■ **How to complete this task**: All records given below must be printed word for word.

■ **Data extract**:
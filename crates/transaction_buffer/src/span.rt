//! Where the sales of a shift are on a shelf.

ghost use Rattle.std.specs.Prelude.{◌≡◌, ◌<◌};
ghost use Rattle.site_base.specs.declared.numbers.TheConstants.{GREATEST_SEQ};

/// Where the sales of a shift are on a shelf: from this place on, and how many.
#[derive(Clone, Copy, Debug, PartialEq, Eq)]
pub struct Span {
    /// The place of the first one.
    pub first: usize,
    /// The number of sales.
    pub count: u16,
}

impl Span {
    ghost use Rattle.transaction_buffer.specs.Spans.{with_one_more};

    /// No sales.
    pub const NONE: Self = Span { first: 0, count: 0 };

    /// Returns the span with one more sale, which is at this place.
    pub fn with_one_more(self, end: usize) -> Self
        requires { self.count < GREATEST_SEQ }
        ensures { result ≡ with_one_more self end }
    {
        let first = if self.count == 0 { end } else { self.first };
        Span {
            first,
            count: self.count + 1,
        }
    }
}
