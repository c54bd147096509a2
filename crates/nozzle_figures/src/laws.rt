//! The laws of nozzles. Each is a function whose contract is the law.

ghost use Rattle.nozzle_figures.specs.Laws.{EachNozzleAddsUp, EachReadingIsCounted};
ghost use Rattle.nozzle_figures.specs.ProductSums.{EachProductAddsUp};

/// For each nozzle, and over any rows: the counter moved by what was metered and by jumps, and what
/// was metered was sold, was drawn, or is in the fuelling in progress.
pub fn each_nozzle_adds_up()
    ensures { EachNozzleAddsUp }
{}

/// The nozzles of a product add up to the product's figures, whatever rows there were.
pub fn each_product_adds_up()
    ensures { EachProductAddsUp }
{}

/// Each reading that an accepted row reports or notes is counted: as metered, or as a jump.
pub fn each_reading_is_counted()
    ensures { EachReadingIsCounted }
{}
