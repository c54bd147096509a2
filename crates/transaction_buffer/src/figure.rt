//! What can be counted over the sales.

ghost use Rattle.std.specs.Prelude.{◌≡◌};
ghost use Rattle.transaction_buffer.specs.Figures.{figure_in};

use crate::sale::Sale;
use site_base::{ProductNo, ShiftNo, Status, TillNo};

/// A figure that can be counted over the sales.
#[derive(Clone, Copy, Debug)]
pub enum Figure {
    /// The millilitres of a product in the sales with this status.
    Volume(ProductNo, Status),
    /// How many sales a till cleared in all shifts.
    Clears(TillNo),
    /// The cents of the sales that a till cleared in all shifts.
    Cents(TillNo),
    /// How many sales a till cleared in a shift.
    ClearsIn(ShiftNo, TillNo),
    /// The cents of the sales that a till cleared in a shift.
    CentsIn(ShiftNo, TillNo),
    /// The millilitres of a product that were cleared in a shift.
    ClearedIn(ShiftNo, ProductNo),
    /// The cents of a product's sales that were cleared in a shift.
    ProductCentsIn(ShiftNo, ProductNo),
}

impl Figure {
    /// What a sale adds to the figure.
    pub(crate) fn of(&self, sale: &Sale) -> u64
        ensures { result ≡ figure_in self.now sale.now }
    {
        match self {
            Figure::Volume(q, status) if sale.has_status(*status) => sale.volume_in(*q),
            Figure::Clears(t) if sale.is_cleared_by(*t) => 1,
            Figure::Cents(t) if sale.is_cleared_by(*t) => sale.cents.get(),
            Figure::ClearsIn(h, t) if sale.is_cleared_in(*h) && sale.is_cleared_by(*t) => 1,
            Figure::CentsIn(h, t) if sale.is_cleared_in(*h) && sale.is_cleared_by(*t) => {
                sale.cents.get()
            }
            Figure::ClearedIn(h, q) if sale.is_cleared_in(*h) => sale.volume_in(*q),
            Figure::ProductCentsIn(h, q) if sale.is_cleared_in(*h) => sale.product_cents(*q),
            _ => 0,
        }
    }
}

■ **Solution to this problem**:
filename crates/transaction_buffer/src/span.rt
//! Where the sales of a shift are on a shelf.

ghost use Rattle.std.specs.Prelude.{◌≡◌, ◌<◌};
ghost use Rattle.site_base.specs.declared.numbers.TheConstants.{GREATEST_SEQ};

/// Where the sales of a shift are on a shelf: from this place on, and how many.
#[derive(Clone, Copy, Debug, PartialEq, Eq)]
pub struct Span {
    /// The place of the first one.
    pub first: usize,
    /// The number of sales.
    pub count: u16,
}

impl Span {
    ghost use Rattle.transaction_buffer.specs.Spans.{with_one_more};

    /// No sales.
    pub const NONE: Self = Span { first: 0, count: 0 };

    /// Returns the span with one more sale, which is at this place.
    pub fn with_one_more(self, end: usize) -> Self
        requires { self.count < GREATEST_SEQ }
        ensures { result ≡ with_one_more self end }
    {
        let first = if self.count == 0 { end } else { self.first };
        Span {
            first,
            count: self.count + 1,
        }
    }
}
repository c54bd147096509a2
filename crates/nozzle_figures/src/laws.rt
//! The laws of nozzles. Each is a function whose contract is the law.

ghost use Rattle.nozzle_figures.specs.Laws.{EachNozzleAddsUp, EachReadingIsCounted};
ghost use Rattle.nozzle_figures.specs.ProductSums.{EachProductAddsUp};

/// For each nozzle, and over any rows: the counter moved by what was metered and by jumps, and what
/// was metered was sold, was drawn, or is in the fuelling in progress.
pub fn each_nozzle_adds_up()
    ensures { EachNozzleAddsUp }
{}

/// The nozzles of a product add up to the product's figures, whatever rows there were.
pub fn each_product_adds_up()
    ensures { EachProductAddsUp }
{}

/// Each reading that an accepted row reports or notes is counted: as metered, or as a jump.
pub fn each_reading_is_counted()
    ensures { EachReadingIsCounted }
{}
repository c54bd147096509a2
filename crates/transaction_buffer/src/figure.rt
//! What can be counted over the sales.

ghost use Rattle.std.specs.Prelude.{◌≡◌};
ghost use Rattle.transaction_buffer.specs.Figures.{figure_in};

use crate::sale::Sale;
use site_base::{ProductNo, ShiftNo, Status, TillNo};

/// A figure that can be counted over the sales.
#[derive(Clone, Copy, Debug)]
pub enum Figure {
    /// The millilitres of a product in the sales with this status.
    Volume(ProductNo, Status),
    /// How many sales a till cleared in all shifts.
    Clears(TillNo),
    /// The cents of the sales that a till cleared in all shifts.
    Cents(TillNo),
    /// How many sales a till cleared in a shift.
    ClearsIn(ShiftNo, TillNo),
    /// The cents of the sales that a till cleared in a shift.
    CentsIn(ShiftNo, TillNo),
    /// The millilitres of a product that were cleared in a shift.
    ClearedIn(ShiftNo, ProductNo),
    /// The cents of a product's sales that were cleared in a shift.
    ProductCentsIn(ShiftNo, ProductNo),
}

impl Figure {
    /// What a sale adds to the figure.
    pub(crate) fn of(&self, sale: &Sale) -> u64
        ensures { result ≡ figure_in self.now sale.now }
    {
        match self {
            Figure::Volume(q, status) if sale.has_status(*status) => sale.volume_in(*q),
            Figure::Clears(t) if sale.is_cleared_by(*t) => 1,
            Figure::Cents(t) if sale.is_cleared_by(*t) => sale.cents.get(),
            Figure::ClearsIn(h, t) if sale.is_cleared_in(*h) && sale.is_cleared_by(*t) => 1,
            Figure::CentsIn(h, t) if sale.is_cleared_in(*h) && sale.is_cleared_by(*t) => {
                sale.cents.get()
            }
            Figure::ClearedIn(h, q) if sale.is_cleared_in(*h) => sale.volume_in(*q),
            Figure::ProductCentsIn(h, q) if sale.is_cleared_in(*h) => sale.product_cents(*q),
            _ => 0,
        }
    }
}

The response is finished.